The motivation of this question is related to the fact that in various differencial geometry books I have seen three different criteria for chart maps. These were:
If $(U,\varphi)$ is a local chart, then $\varphi$ is a homeomorphism from $U$ to an open ball in $\mathbb{R}^n$.
If $(U,\varphi)$ is a local chart, then $\varphi$ is a homeomorphism from $U$ to an open rectangle in $\mathbb{R}^n$.
If $(U,\varphi)$ is a local chart, then $\varphi$ is a homeomorhpism from $U$ to an open set of $\mathbb{R}^n$.
Now, the point of charts is that their chart domains should be "trivial" topologically. From this, and some other (perhaps misunderstood by myself) remarks I have read in books, I have come under the impression that any open set of $\mathbb{R}^n$ is homeomorphic with $\mathbb{R}^n$ (this is certainly true for open balls and open rectangles, though).

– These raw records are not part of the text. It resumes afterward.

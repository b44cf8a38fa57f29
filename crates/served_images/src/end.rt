//! The end of a server, and the lines that it prints.
ghost use Rattle.std.specs.Prelude.{◌≡◌, false, None, IfSome, OnOk};
ghost use Rattle.std.specs.Io.KnownBytes.{Appends};
ghost use Rattle.program_values.specs.Text.{results_text};
ghost use Rattle.served_images.specs.Ends.{results};

use crate::fault::ServeFault;
use crate::totals::Totals;
use disk_pair::LastComparison;
use image_store::PerDisk;
use server_log::Style;
use std::io;
use std::io::Write;

/// What the sessions of a server left, and what became of its images.
#[derive(Drop)]
pub struct End<'a> {
    /// What stands before the lines of the log.
    pub style: Style,
    pub totals: Totals,
    /// What the comparison of the disks came to.
    pub found: LastComparison,
    /// The images' paths.
    pub files: PerDisk<&'a str>,
    /// Whether an image was replaced, or has another length, while it was served.
    pub changed: PerDisk<bool>,
    /// Whether an image may have kept parts of a write that failed.
    pub torn: PerDisk<bool>,
    /// Why a sync of an image failed, the first that did.
    pub unsynced: PerDisk<Option<io::Error>>,
    /// Whether a metadata file could not be written.
    pub is_metadata_broken: bool,
}

impl<'a> End<'a> {
    /// Prints the three lines, unless an image is no longer the file that was served. They are printed also if the disks may
    /// differ, which is a fault. Returns the first fault, and writes a line on `err` for each further one: what to do about it
    /// may be another thing.
    pub fn print<W: Write, E: Write>(&self, out: &mut W, err: &mut E) -> Result<(), ServeFault<'a>>
        ensures printed { OnOk result (Appends (W.contents out.old) (W.contents out.new) (results_text (results self.now.totals self.now.found.unmarked))) }
        ensures unchanged { OnOk result ((self.now.changed.local ≡ false) × (self.now.changed.peer ≡ false)) }
        ensures alike { OnOk result (IfSome self.now.found.unmarked (λ n. n ≡ 0) × (self.now.totals.marked ≡ 0)) }
        ensures read { OnOk result (self.now.found.is_unread ≡ false) }
        ensures whole { OnOk result ((self.now.torn.local ≡ false) × (self.now.torn.peer ≡ false)) }
        ensures synced { OnOk result ((self.now.unsynced.local ≡ None) × (self.now.unsynced.peer ≡ None)) }
        ensures kept { OnOk result (self.now.is_metadata_broken ≡ false) }
    {
        if self.changed.local || self.changed.peer {
            return self.tell(None, err);
        }
        match self.totals.results(self.found.unmarked).print(out) {
            Ok(()) => self.tell(None, err),
            Err(error) => self.tell(Some(ServeFault::Unwritten(error)), err),
        }
    }

    // Returns the first fault, which is `first` if there is one, and writes a line for each further one.
    fn tell<E: Write>(
        &self,
        first: Option<ServeFault<'a>>,
        err: &mut E,
    ) -> Result<(), ServeFault<'a>>
        ensures none { OnOk result (first.entry ≡ None) }
        ensures unchanged { OnOk result ((self.now.changed.local ≡ false) × (self.now.changed.peer ≡ false)) }
        ensures alike { OnOk result (IfSome self.now.found.unmarked (λ n. n ≡ 0) × (self.now.totals.marked ≡ 0)) }
        ensures read { OnOk result (self.now.found.is_unread ≡ false) }
        ensures whole { OnOk result ((self.now.torn.local ≡ false) × (self.now.torn.peer ≡ false)) }
        ensures synced { OnOk result ((self.now.unsynced.local ≡ None) × (self.now.unsynced.peer ≡ None)) }
        ensures kept { OnOk result (self.now.is_metadata_broken ≡ false) }
    {
        match self.report_others(first, err) {
            None => Ok(()),
            Some(fault) => Err(fault),
        }
    }

    // The same, with no fault as none.
    fn report_others<E: Write>(
        &self,
        first: Option<ServeFault<'a>>,
        err: &mut E,
    ) -> Option<ServeFault<'a>>
        ensures none { result ≡ None → first.entry ≡ None }
        ensures unchanged { result ≡ None → (self.now.changed.local ≡ false) × (self.now.changed.peer ≡ false) }
        ensures alike { result ≡ None → IfSome self.now.found.unmarked (λ n. n ≡ 0) × (self.now.totals.marked ≡ 0) }
        ensures read { result ≡ None → self.now.found.is_unread ≡ false }
        ensures whole { result ≡ None → (self.now.torn.local ≡ false) × (self.now.torn.peer ≡ false) }
        ensures synced { result ≡ None → (self.now.unsynced.local ≡ None) × (self.now.unsynced.peer ≡ None) }
        ensures kept { result ≡ None → self.now.is_metadata_broken ≡ false }
    {
        let style = self.style;
        let unmarked = self.found.unmarked.unwrap_or(0);
        let marked = self.totals.marked;
        let PerDisk { local, peer } = self.files;
        let mut first = first;
        first = first_fault_or(
            err,
            style,
            first,
            self.changed.local.then_some(ServeFault::Changed(local)),
        );
        first = first_fault_or(
            err,
            style,
            first,
            self.changed.peer.then_some(ServeFault::Changed(peer)),
        );
        first = first_fault_or(
            err,
            style,
            first,
            (unmarked > 0).then_some(ServeFault::Unmarked(unmarked)),
        );
        first = first_fault_or(
            err,
            style,
            first,
            self.found.is_unread.then_some(ServeFault::Unread),
        );
        first = first_fault_or(
            err,
            style,
            first,
            (marked > 0).then_some(ServeFault::Marked(marked)),
        );
        first = first_fault_or(
            err,
            style,
            first,
            self.torn.local.then_some(ServeFault::Torn(local)),
        );
        first = first_fault_or(
            err,
            style,
            first,
            self.torn.peer.then_some(ServeFault::Torn(peer)),
        );
        first = first_fault_or(err, style, first, unsynced(local, self.unsynced.local));
        first = first_fault_or(err, style, first, unsynced(peer, self.unsynced.peer));
        first_fault_or(
            err,
            style,
            first,
            self.is_metadata_broken
                .then_some(ServeFault::BrokenMetadata),
        )
    }
}

// Returns the first fault of these two, and writes a line for the other one if it is a further one.
fn first_fault_or<'a, E: Write>(
    err: &mut E,
    style: Style,
    first: Option<ServeFault<'a>>,
    next: Option<ServeFault<'a>>,
) -> Option<ServeFault<'a>>
    ensures { result ≡ None → (first.entry ≡ None) × (next.entry ≡ None) }
{
    if first.is_none() {
        return next;
    }
    if let Some(further) = next {
        let _ = writeln!(err, "{}{further}", style.before_fault());
    }
    first
}

// Returns the fault of an image whose sync failed for this reason, if one did.
fn unsynced(file: &str, error: Option<io::Error>) -> Option<ServeFault<'_>>
    ensures { result ≡ None → error ≡ None }
{
    match error {
        Some(error) => Some(ServeFault::Unsynced(file, error)),
        None => None,
    }
}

This statement seems to be wrong though. For example, let $$ C=\{x^2+y^2 <r_0|\ (x,y,z)\in\mathbb{R}^3\} $$be an open infinitely long cylinder in $\mathbb{R}^3$, which is clearly an open set, so its closure $\text{cl}(C)$ is a closed set, then $$ M=\mathbb{R}^3\setminus\text{cl}(C) $$ is the complement of a closed set, so it is open.
However $M$ has nontrivial homotopy classes, in particular, loops that wind around the cylinder are not contractible. However homeomorphisms preserve homotopy, so $M$ cannot be homeomorphic to $\mathbb{R}^3$, but it is an open set of it.
Question: What is a general criterium to determine whether an open set of $\mathbb{R}^n$ is homeomorhpic to $\mathbb{R}^n$ itself?
Based on my example, I assume defining chart maps to be "just" homeomorphisms to an open subset of $\mathbb{R}^n$ is wrong then, right?
The three conditions about charts are equivalent (by perhaps different choice of "local"), because we only consider an open base for each point $p\in M$. The whole point about this "local" adjective is that you are allowed to restrict to even smaller neighbourhoods to get the condition (since in the base you can replace the old larger open set by this new smaller open set and still get a local base). There is no loss in restricting because what we ultimately considers is a maximal atlas, i.e., every chart (i.e. homeomorphism from an open subset of $M$ to an open subset of $\mathbb{R}^n$) that is compatible (i.e. transition maps are whatever class $C^0,C^1,\dots,C^\infty,C^\omega$ you are working with) with our local charts are thrown into the mix.
@DanielMroz comment and links addressed your question about how to decide if an open subset of $\mathbb{R}^n$ is homeomorphic to $\mathbb{R}^n$ itself.